The lifting of ECOWAS sanctions could eventually grant the junta greater legitimacy by enabling it to simultaneously maintain power and reopen Mali’s economy. The electoral law’s Article 55 means that Goita, the country’s current transitional president, will likely run in the 2024 election. Given Malian security forces’ history of violence against civilians, electoral fraud and voter intimidation (in addition to the absence of a highly coordinated and consolidated pro-democracy, civil society resistance movement), the military could very well maintain power under the guise of a democratic process. Further, if ECOWAS and UEMOA ease or lift sanctions against Mali at the July 3 meeting, it would reduce the country’s isolation and, in turn, the political and economic costs imposed on military leaders for failing to hold on-schedule elections. The lifting of such sanctions could enable Mali to reintegrate into regional politics over the next two-to-three years, eventually regaining the political and economic benefits available to ECOWAS and UEMOA members.
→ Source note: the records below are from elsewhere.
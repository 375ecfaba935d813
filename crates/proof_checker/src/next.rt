// The state after a line.
ghost use Rattle.std.specs.Prelude.{◌≡◌, ◌∷◌, ◌++◌, [], true, false, Some, OnOk, OnErr, IfOk};
ghost use Rattle.std.specs.List.{filter};
ghost use Rattle.literals.specs.Nogoods.{IsNogood};
ghost use Rattle.ground_model.specs.Answers.{IsAnswerOf};
ghost use Rattle.derivation.specs.Lists.{lits_of};
ghost use Rattle.derivation_meaning.specs.Lines as spec;
ghost use Rattle.derivation_meaning.specs.Valid as valid;
ghost use Rattle.derivation_meaning.specs.Valid.{IsValid};
ghost use Rattle.proof_checker.specs.inner.View.{state_of};

use crate::answers::answer_of;
use crate::state::{Costed, PlainState};
use derivation::Line;
use derivation_meaning::{Claim, answer_nogood};
use ground_model::{Answer, GroundProgram};
use literals::{Lit, Nogood};
use std::alloc::Global;
use symbols::{Listed, Memory};

// Adds a nogood under the next id.
#[tactic(auto, using(crate::proofs::NextLemmas::more_view))]
fn add(
    state: &mut PlainState,
    nogood: Nogood,
    is_held: bool,
    is_learned: bool,
) -> Result<(), Memory>
    ensures ok { OnOk result (state_of state.new ≡ valid.with_nogood (state_of state.old) nogood is_held is_learned) }
    ensures err { OnErr result (state.new ≡ state.old) }
{
    state.table.add(nogood, is_held, is_learned)?;
    Ok(())
}

// The nogood of a list that is one.
#[tactic(auto, using(crate::proofs::ReplayLemmas::canonical_same))]
fn nogood_of(alloc: Global, lits: &[Lit]) -> Result<Nogood, Memory>
    requires { IsNogood lits.now }
    ensures { IfOk result (λ nogood. nogood ≡ lits.now) }
{
    Nogood::from_lits(alloc, lits)
}

// Takes a reason.
fn take_reason(alloc: Global, state: &mut PlainState, lits: &[Lit]) -> Result<(), Memory>
    requires { IsNogood lits.now }
    ensures ok { OnOk result (state_of state.new ≡ valid.with_nogood (state_of state.old) lits.now false false) }
    ensures err { OnErr result (state.new ≡ state.old) }
{
    let nogood = nogood_of(alloc, lits)?;
    add(state, nogood, false, false)
}

// Takes a learned nogood.
#[tactic(auto, using(crate::proofs::NextLemmas::learned_taken))]
fn take_learned(alloc: Global, state: &mut PlainState, lits: &[Lit]) -> Result<(), Memory>
    requires { IsNogood lits.now }
    ensures ok { OnOk result (state_of state.new ≡ valid.with_nogood (valid.held_alone (state_of state.old)) lits.now true true) }
    ensures err { OnErr result (state.new ≡ state.old) }
{
    let nogood = nogood_of(alloc, lits)?;
    add(state, nogood, true, true)?;
    state.table.settle();
    Ok(())
}

// Takes an answer with the nogood that it leaves.
#[tactic(auto, using(crate::proofs::NextLemmas::take_front))]
fn list(state: &mut PlainState, answer: Answer, nogood: Nogood) -> Result<(), Memory>
    ensures ok { OnOk result (state_of state.new ≡ record (valid.with_nogood (state_of state.old) nogood true false) { answers = state.old.answers ++ answer ∷ [] }) }
    ensures err { OnErr result (state.new ≡ state.old) }
{
    let count = state.answers.len();
    state.answers.push(answer)?;
    if add(state, nogood, true, false).is_err() {
        state.answers.truncate(count);
        return Err(Memory);
    }
    Ok(())
}

// Takes an answer.
fn take_answer(
    alloc: Global,
    program: &GroundProgram,
    state: &mut PlainState,
    atoms: &Listed<u32>,
    values: &Listed<(u32, i32)>,
) -> Result<(), Memory>
    requires { IsAnswerOf program.now (spec.answer_of atoms.now values.now) }
    ensures ok { OnOk result (state_of state.new ≡ valid.with_answer program.now (state_of state.old) (spec.answer_of atoms.now values.now)) }
    ensures err { OnErr result (state.new ≡ state.old) }
{
    let answer = answer_of(alloc, atoms.items(), values.items())?;
    let nogood = answer_nogood(alloc, program, &answer)?;
    list(state, answer, nogood)
}

// Takes another best answer.
fn take_best(
    alloc: Global,
    state: &mut PlainState,
    cost: &i128,
    atoms: &Listed<u32>,
    values: &Listed<(u32, i32)>,
) -> Result<(), Memory>
    ensures ok { OnOk result (state_of state.new ≡ record (state_of state.old) { best = Some (record { cost = cost.now; answer = spec.answer_of atoms.now values.now }) }) }
    ensures err { OnErr result (state.new ≡ state.old) }
{
    let answer = answer_of(alloc, atoms.items(), values.items())?;
    state.best = Some(Costed {
        cost: *cost,
        answer,
    });
    Ok(())
}

// Takes a claim.
fn take_claim(state: &mut PlainState, claim: Claim)
    ensures { state_of state.new ≡ record (state_of state.old) { claim = Some claim } }
{
    state.claim = Some(claim);
}

// Takes a valid line. Where memory can't be had, the state is as it was.
//
// An answer takes the time of the program's atoms and variables; a learned nogood that of its own length and of
// those that go; any other line that of its own length.
#[tactic(auto, using(crate::proofs::NextLemmas::answer_stands))]
pub(crate) fn advance(
    alloc: Global,
    program: &GroundProgram,
    state: &mut PlainState,
    line: &Line,
) -> Result<(), Memory>
    requires literals { IsNogood (lits_of line.now) }
    requires valid { IsValid program.now (state_of state.old) line.now }
    ensures ok { OnOk result (state_of state.new ≡ valid.after program.now (state_of state.old) line.now) }
    ensures err { OnErr result (state.new ≡ state.old) }
{
    match line {
        Line::Header(_, _, _, _) => Ok(()),
        Line::Sum(_, lits)
        | Line::Distinct(_, _, _, lits)
        | Line::Window(_, _, _, lits)
        | Line::Pair(_, _, _, lits)
        | Line::Loop(_, lits)
        | Line::Hole(_, lits) => take_reason(alloc, state, lits.items()),
        Line::Learned(_, _, lits) => take_learned(alloc, state, lits.items()),
        Line::Answer(atoms, values) => take_answer(alloc, program, state, atoms, values),
        Line::Better(cost, atoms, values) => take_best(alloc, state, cost, atoms, values),
        Line::EndNone => {
            take_claim(state, Claim::Nothing);
            Ok(())
        }
        Line::EndAll(count) => {
            take_claim(state, Claim::All(*count));
            Ok(())
        }
        Line::EndBest(cost) => {
            take_claim(state, Claim::Best(*cost));
            Ok(())
        }
    }
}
Alternatively, if the two regional blocs do not ease sanctions, the continued isolation from regional trade would likely worsen Mali’s economic and humanitarian crises by compounding the government’s inability to provide access to food, fuel and medicine. In addition to increasing the number of displaced people in the region traveling north, such political and economic instability would likely also exacerbate the jihadist insurgency in northern and central Mali by reducing the efficacy and coordination of counterterrorism efforts.

  • ECOWAS has attempted to utilize sanctions as a deterrent for other would-be coup leaders. But the bloc’s willingness to negotiate with military regimes in Burkina Faso, Guinea and now Mali detracts from whatever deterrent effect ECOWAS previously achieved.